Failure of Shirley's Plan • Causes • Loudon and Shirley • Close of the Campaign • The Western Border • Armstrong destroys Kittanning • The Scouts of Lake George • War Parties from Ticonderoga • Robert Rogers • The Rangers • Their Hardihood and Daring • Disputes as to Quarters of Troops • Expedition of Rogers • A Desperate Bush-fight • Enterprise of Vaudreuil • Rigaud attacks Fort William Henry.

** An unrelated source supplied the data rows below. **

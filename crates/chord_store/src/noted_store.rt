//! A store that reports how many pairs it has when it is dropped.
ghost use Rattle.std.specs.Prelude.{◌≡◌, ◌-◌, ◌^◌, List, []};
ghost use Rattle.chord_map.specs.declared.pair.Pair.{Pair};

use crate::capped_store::CappedStore;
use crate::outcome::{Inserted, StoreFault};
use crate::store::EntryStore;
use chord_ident::{Id, Span};
use chord_map::{Bytes, Pair, Values};
use std::alloc::{AllocError, Global};
use std::marker::Model;
use std::sync::{Arc, OnceLock};

/// A store over a list. Dropping it puts its count into the cell, if the cell is empty.
pub struct NotedStore {
    list: CappedStore,
    note: Arc<OnceLock<u64>>,
}

impl Model for NotedStore {
    ghost use Rattle.std.specs.Prelude.{◌≡◌, ◌-◌, ◌^◌, List};
    ghost use Rattle.chord_map.specs.declared.pair.Pair.{Pair};

    ghost Value = { List Pair };

    ghost view = { λ store. store.list.pairs };

    ghost invariant = { λ store. store.list.limit ≡ 2 ^ 64 - 1 };
}

impl NotedStore {
    pub fn new(alloc: Global, note: Arc<OnceLock<u64>>) -> NotedStore
        ensures { result ≡ [] }
    {
        NotedStore {
            list: CappedStore::new(alloc, u64::MAX),
            note,
        }
    }
}

impl Drop for NotedStore {
    fn drop(self) {
        let NotedStore { list, note } = self;
        // A cell that has a count already stays unchanged.
        let _ = note.try_set(list.count());
    }
}

impl EntryStore for NotedStore {
    ghost content = { λ store. store };

    ghost limit = { λ _. 2 ^ 64 - 1 };

    fn insert(&mut self, id: Id, key: &Bytes, value: &Bytes) -> Result<Inserted, StoreFault> {
        self.list.insert(id, key, value)
    }

    fn remove(&mut self, id: Id, key: &Bytes, value: &[u8]) -> bool {
        self.list.remove(id, key, value)
    }

    fn take_out(&mut self, span: &Span) {
        self.list.take_out(span);
    }

    fn drop_copied(&mut self, span: &Span, copies: &[Pair]) {
        self.list.drop_copied(span, copies);
    }

    fn count(&self) -> u64 {
        self.list.count()
    }

    fn values(&self, alloc: Global, id: Id, key: &Bytes) -> Result<Values, AllocError> {
        self.list.values(alloc, id, key)
    }

    fn copy_span(&self, alloc: Global, span: &Span) -> Result<Vec<Pair>, AllocError> {
        self.list.copy_span(alloc, span)
    }

    fn cut_after(&self, span: &Span, n: u64, most: u64) -> Option<Id> {
        self.list.cut_after(span, n, most)
    }

    fn put_all(&mut self, span: &Span, pairs: &[Pair]) -> Result<(), StoreFault> {
        self.list.put_all(span, pairs)
    }
}
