//! How much one read takes.
ghost use Rattle.std.specs.Prelude.{◌≡◌};
ghost use Rattle.chord_serve.specs.BytesRead.{most_bytes};

/// How many bytes one read of a connection takes at most.
#[derive(Clone, Copy, Debug, PartialEq, Eq)]
pub enum ReadSize {
    /// 4,096.
    Small,
    /// 65,536, so that large requests that come together are taken in together.
    Large,
}

impl ReadSize {
    pub fn most_bytes(self) -> usize
        ensures { result ≡ most_bytes self }
    {
        match self {
            ReadSize::Small => 4_096,
            ReadSize::Large => 65_536,
        }
    }
}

Shirley's grand scheme for cutting New France in twain had come to wreck. There was an element of boyishness in him. He made bold plans without weighing too closely his means of executing them. The year's campaign would in all likelihood have succeeded if he could have acted promptly; if he had had ready to his hand a well-trained and well-officered force, furnished with material of war and means of transportation, and prepared to move as soon as the streams and lakes of New York were open, while those of Canada were still sealed with ice. But timely action was out of his power. The army that should have moved in April was not ready to move till August. Of the nine discordant semi-republics whom he asked to join in the work, three or four refused, some of the others were lukewarm, and all were slow. Even Massachusetts, usually the foremost, failed to get all her men into the field till the season was nearly ended. Having no military establishment, the colonies were forced to improvise a new army for every campaign. Each of them watched its neighbors, or, jealous lest it should do more than its just share, waited for them to begin. Each popular assembly acted under the eye of a frugal constituency, who, having little money, were as chary of it as their descendants are lavish; and most of them were shaken by internal conflicts, more absorbing than the great question on which hung the fate of the continent. Only the four New England colonies were fully earnest for the war, and one, even of these, was ready to use the crisis as a means of extorting concessions from its Governor in return for grants of money and men. When the lagging contingents came together at last, under a commander whom none of them trusted, they were met by strategical difficulties which would have perplexed older soldiers and an abler general; for they were forced to act on the circumference of a vast semicircle, in a labyrinth of forests, without roads, and choked with every kind of obstruction.